I'm back from my adventure to White Plains, NY. Thanks to guest and AlanB, the trip was uneventful. I upgraded myself off #95 to the 5:30 am Acela down to Stamford. That train might best be described as the Crackberry Express. The train filled up in New Haven and everybody on that train (including me) was working the chicklet keys of their crackberries.

The I-Bus was perfect. The client was a two block walk from the Galleria, and a four block walk to the White Plains Station. Thank you Guest.

I wasn't all that impressed with the service in Acela's first class cabin. When I boarded, I boarded through the front of the train and walked back to the first class car. When I arrived I was greeted by a surley obese female car attendant informing me that this was first class with the implied tone that non-coat and tie wearing riff-raff like me don't belong here. I acted like I didn't hear her and took one of the many empty seats. She followed me, asked for my ticket, and I handed it over. Then shoved my ticket in the loop on my seat and begrudingly asked for my drink order.

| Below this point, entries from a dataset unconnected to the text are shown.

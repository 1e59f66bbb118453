// The table of known versions.
ghost use Rattle.std.specs.Prelude.{◌≡◌, ◌≢◌, ◌+◌, ◌-◌, ◌^◌, ◌<◌, ◌≤◌, ◌↔◌, true, false, IsErr, map, IfSome, IfOk, MatchOption, OnOk, OnErr};
ghost use Rattle.std.specs.FinMap as fin;
ghost use Rattle.local_state.specs.Known.{life_at, version_at, is_live_at, is_used_at, version_if_live, is_last, raised_version, zero_id, plain_entry, live_ids, CanRaise, FitsLife, FitLives, IsFirstFree};

use crate::life::Life;
use crate::lives::{
    add_life, change_life, first_free, life_of, live_of, put_life, set_life, sorted_lives,
};
use block_id::{BlockId, Memory};
use std::alloc::Global;
use std::collections::HashMap;
use std::marker::Model;

/// A version can't rise: it is at the end of its type.
#[derive(Clone, Copy, Debug, PartialEq, Eq)]
pub struct Spent;

/// A finite map from ids of blocks to a version and whether the block lives. An id is used where it is in the map.
#[derive(Drop)]
pub struct Known {
    lives: HashMap<BlockId, Life>,
}

impl Model for Known {
    ghost use Rattle.std.specs.HashMap.{spare};
    ghost use Rattle.local_state.specs.Known.{KnownTable, table_code, lives_of, FitLives};

    ghost Value = { KnownTable };

    ghost coded = { table_code };

    ghost view = { λ k. record { lives = lives_of k.lives.entries; spare = spare k.lives } };

    ghost invariant = { λ k. FitLives (lives_of k.lives.entries) };
}

impl Known {
    /// Nothing is known.
    pub fn new(alloc: Global) -> Known
        ensures { result.lives ≡ fin.empty }
    {
        Known {
            lives: HashMap::new(alloc),
        }
    }

    /// How many ids are used.
    pub fn len(&self) -> usize
        ensures len { result ≡ fin.len self.now.lives }
        ensures bound { result < 2 ^ 63 }
        ensures fits { FitLives self.now.lives }
    {
        self.lives.len()
    }

    /// The version of a used id.
    pub fn version(&self, id: &BlockId) -> Option<u64>
        ensures { result ≡ version_at self.now id.now.0 }
    {
        life_of(&self.lives, id).map(|life| life.version)
    }

    /// The version of a live id.
    pub fn live_version(&self, id: &BlockId) -> Option<u64>
        ensures { result ≡ version_if_live (life_at self.now id.now.0) }
    {
        let life = life_of(&self.lives, id)?;
        if life.live { Some(life.version) } else { None }
    }

    /// The version that a raise gives: the first of a new id, or one more.
    pub fn next_version(&self, id: &BlockId) -> u64
        requires { is_last (life_at self.now id.now.0) ≡ false }
        ensures { result ≡ raised_version (life_at self.now id.now.0) }
    {
        match self.version(id) {
            Some(version) => version + 1,
            None => 1,
        }
    }

    /// Whether the id's version can't rise.
    pub fn is_spent(&self, id: &BlockId) -> bool
        ensures { result ≡ is_last (life_at self.now id.now.0) }
    {
        self.version(id) == Some(u64::MAX)
    }

    /// Whether the id is used and its block lives.
    pub fn is_live(&self, id: &BlockId) -> bool
        ensures { result ≡ is_live_at self.now id.now.0 }
    {
        life_of(&self.lives, id).is_some_and(|life| life.live)
    }

    /// Whether the id is in the map.
    pub fn is_used(&self, id: &BlockId) -> bool
        ensures { result ≡ is_used_at self.now id.now.0 }
    {
        life_of(&self.lives, id).is_some()
    }

    /// Takes memory for `n` new ids.
    pub fn reserve(&mut self, n: usize) -> Result<(), Memory>
        ensures room { OnOk result (n ≤ self.new.spare) }
        ensures lives { self.new.lives ≡ self.old.lives }
        ensures spare { self.old.spare ≤ self.new.spare }
    {
        self.lives.reserve(n)?;
        Ok(())
    }

    /// Gives a new id version 1, or a live one the next version, and answers it. It takes no memory.
    pub fn raise(&mut self, id: &BlockId) -> Result<u64, Spent>
        requires { CanRaise self.old id.now.0 }
        ensures version { IfOk result (λ version. version ≡ raised_version (life_at self.old id.now.0)) }
        ensures lives { IfOk result (λ version. self.new.lives
            ≡ fin.insert self.old.lives id.now.0 (record { version = version; live = true })) }
        ensures spent { IsErr result ↔ (version_at self.old id.now.0 ≡ Some (2 ^ 64 - 1)) }
        ensures err { OnErr result (self.new ≡ self.old) }
        ensures spare { MatchOption (life_at self.old id.now.0) (self.old.spare ≤ self.new.spare + 1)
            (λ _. self.old.spare ≤ self.new.spare) }
        ensures fits { FitLives self.new.lives }
    {
        // With its bytes read the id is known to have 16.
        let _bytes = id.0;
        match life_of(&self.lives, id) {
            None => {
                add_life(
                    &mut self.lives,
                    *id,
                    Life {
                        version: 1,
                        live: true,
                    },
                );
                Ok(1)
            }
            Some(life) if life.version == u64::MAX => Err(Spent),
            Some(life) => {
                let version = life.version + 1;
                change_life(
                    &mut self.lives,
                    id,
                    Life {
                        version,
                        live: true,
                    },
                );
                Ok(version)
            }
        }
    }

    /// Gives an id this life, in memory that was taken before.
    pub fn put(&mut self, id: &BlockId, version: u64, live: bool)
        requires room { 0 < self.old.spare }
        requires not_zero { id.now.0 ≢ zero_id }
        requires from_one { 0 < version }
        ensures lives { self.new.lives ≡ fin.insert self.old.lives id.now.0 (record { version = version; live = live }) }
        ensures spare { self.old.spare ≤ self.new.spare + 1 }
        ensures fits { FitLives self.new.lives }
    {
        // With its bytes read the id is known to have 16.
        let _bytes = id.0;
        set_life(&mut self.lives, id, Life { version, live });
    }

    /// Gives an id a life that was read.
    pub(crate) fn learn(&mut self, id: &BlockId, life: Life) -> Result<(), Memory>
        requires { FitsLife id.now.0 life }
        ensures { OnOk result (self.new.lives ≡ fin.insert self.old.lives id.now.0 life) }
    {
        put_life(&mut self.lives, id, life)
    }

    /// The ids with their lives, by rising ids.
    pub(crate) fn sorted(&self, alloc: Global) -> Result<Vec<(BlockId, Life)>, Memory>
        ensures entries { IfOk result (λ v. map plain_entry v.items ≡ fin.entries self.now.lives) }
        ensures fits { FitLives self.now.lives }
    {
        sorted_lives(alloc, &self.lives)
    }

    /// The live ids, by rising ids.
    pub fn live_ids(&self, alloc: Global) -> Result<Vec<BlockId>, Memory>
        ensures { IfOk result (λ ids. map (λ id. id.0) ids.items ≡ live_ids self.now.lives) }
    {
        let entries = self.sorted(alloc)?;
        live_of(alloc, &entries)
    }

    /// Makes a live id dead. Its version stays.
    pub fn bury(&mut self, id: &BlockId)
        requires { is_live_at self.old id.now.0 ≡ true }
        ensures lives { IfSome (version_at self.old id.now.0) (λ version. self.new.lives
            ≡ fin.insert self.old.lives id.now.0 (record { version = version; live = false })) }
        ensures spare { self.old.spare ≤ self.new.spare }
        ensures fits { FitLives self.new.lives }
    {
        if let Some(life) = life_of(&self.lives, id) {
            change_life(
                &mut self.lives,
                id,
                Life {
                    version: life.version,
                    live: false,
                },
            );
        }
    }

    /// The first id that is neither used nor zero among `drawn`, the next one and so on.
    pub fn fresh(&self, drawn: BlockId) -> BlockId
        ensures { IsFirstFree self.now.lives drawn.0 result.0 }
    {
        first_free(&self.lives, drawn)
    }
}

The food was airline quality. Soup, Ham Sandwich, Chips, and chocolate square. I've eaten this meal in NWA's first class cabin before. I shouldnt be surprised by the food. I noticed on the way into the car that Gate Gormet, an airline food catering company, was supplying the food.

Once my tray had been taken (around New Haven) the car attendants disappeared behind the curtain, never to be seen in the aisle again.

The conductor and assistant conductor must have been Boston based. They were the the same two from the 5:30 am crackberry express.

If I'm spending my own money, I'll think I'll stick to Acela Business. I'm begining to think that the best deal in accomodation on the NEC is the Regional Business. Lower price, no airline food, all the diet pepsi you can drink and no surley attendants.

Next trip for this client is to Dobbs Ferry, NY. I've got a few months to figure this one out.

Rick


----------



## AlanB

rmgreenesq said:


> I wasn't all that impressed with the service in Acela's first class cabin. When I boarded, I boarded through the front of the train and walked back to the first class car. When I arrived I was greeted by a surley obese female car attendant informing me that this was first class with the implied tone that non-coat and tie wearing riff-raff like me don't belong here. I acted like I didn't hear her and took one of the many empty seats. She followed me, asked for my ticket, and I handed it over. Then shoved my ticket in the loop on my seat and begrudingly asked for my drink order.


They do try to encourage everyone to board the first class car from the outside as it's just easier. And they do get a lot of people who do wander back not realizing that it is a special car, not to mention that you are walking through the kitchen in effect which does both hamper them and could be dangerous with hot food.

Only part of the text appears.